GET /v1/responses/{rid}/events
Resume a stateless /v1/responses stream. Auth-scoped to the original caller.
Both endpoints share the same request shape:
| Header | Purpose |
|---|---|
Authorization: Bearer ... | Required. |
Last-Event-ID: <int> | Optional. Resume from <int> + 1. Browser EventSource sends this automatically. |
(Query) ?last_event_id=<int> | Fallback for clients that can't set headers. |
Status codes:
200 text/event-stream— streaming. Sameevent:/data:shape as the original POST, with monotonicid:lines preserved.400—Last-Event-IDis non-integer or negative.404—ridunknown for this session/caller, or buffer evicted past the 120s grace window. Start a new turn.
Browser pattern (zero-config)
EventSource handles reconnection automatically — give it the URL and you're done:
const es = new EventSource(
`${POKEE_API}/v1/sessions/${sid}/responses/${rid}/events`,
{ withCredentials: true }
);
es.addEventListener("text.delta", (e) => {
output.append(JSON.parse(e.data).content);
});
es.addEventListener("message.completed", () => es.close());
es.addEventListener("message.cancelled", () => es.close());
es.addEventListener("message.error", () => es.close());The browser reconnects automatically on disconnect with Last-Event-ID set to the last id: it saw — events resume cleanly.
Python pattern
If you're using httpx, drive the resume yourself. Track the highest id: and replay on reconnect:
import httpx, json
last_id = -1
while True:
headers = {"Authorization": f"Bearer {KEY}"}
if last_id >= 0:
headers["Last-Event-ID"] = str(last_id)
try:
with httpx.stream(
"GET", f"{API}/v1/sessions/{sid}/responses/{rid}/events",
headers=headers, timeout=httpx.Timeout(None),
) as r:
event = None
for line in r.iter_lines():
if line.startswith("id:"):
last_id = int(line[3:].strip())
elif line.startswith("event:"):
event = line[6:].strip()
elif line.startswith("data:"):
data = json.loads(line[5:].strip())
# Equivalent to the id: line above — pick whichever
# access path is more convenient. Both always agree.
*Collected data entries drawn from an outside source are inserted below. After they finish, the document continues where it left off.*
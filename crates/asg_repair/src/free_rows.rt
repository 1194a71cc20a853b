//! Rows that have no column.

ghost use Rattle.std.specs.Prelude.{◌≡◌};
ghost use Rattle.asg_algebra.specs.Solved.{unmatched};

use asg_match::Matching;

/// How many rows have no column.
pub(crate) fn free_rows(matching: &Matching) -> u32
    ensures { result ≡ unmatched matching.now }
{
    let mut count = 0;
    for r in 0..matching.side() {
        if matching.column_of(r).is_none() {
            count += 1;
        }
    }
    count
}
# last_id = data.get("sequence_number", last_id)
handle(event, data)
if event in ("message.completed", "message.cancelled", "message.error"):
return
except (httpx.RemoteProtocolError, httpx.ReadError):
# Connection dropped — loop and reconnect with the last id we saw.
continueFor /v1/responses, swap the URL to /v1/responses/{rid}/events and watch for response.completed / response.cancelled / response.failed instead of message.*.
What's NOT replayed
- Server restarts drop in-flight buffers (single-replica gateway today; the buffer is in-memory). After a pod restart, the original turn is gone — start a new one.
- Past-grace turns. The 120-second grace window covers typical Wi-Fi blips and proxy timeouts. If you reconnect later, you'll get
404.
Pairs well with
- Idempotency keys — closes the gap when your POST landed but the client never saw the response headers (so you don't have a
response_idto resume against). - Cancel — explicitly abort an in-flight turn. The cancel terminal (
message.cancelled/response.cancelled) flows through the same buffer, so resume listeners see it too.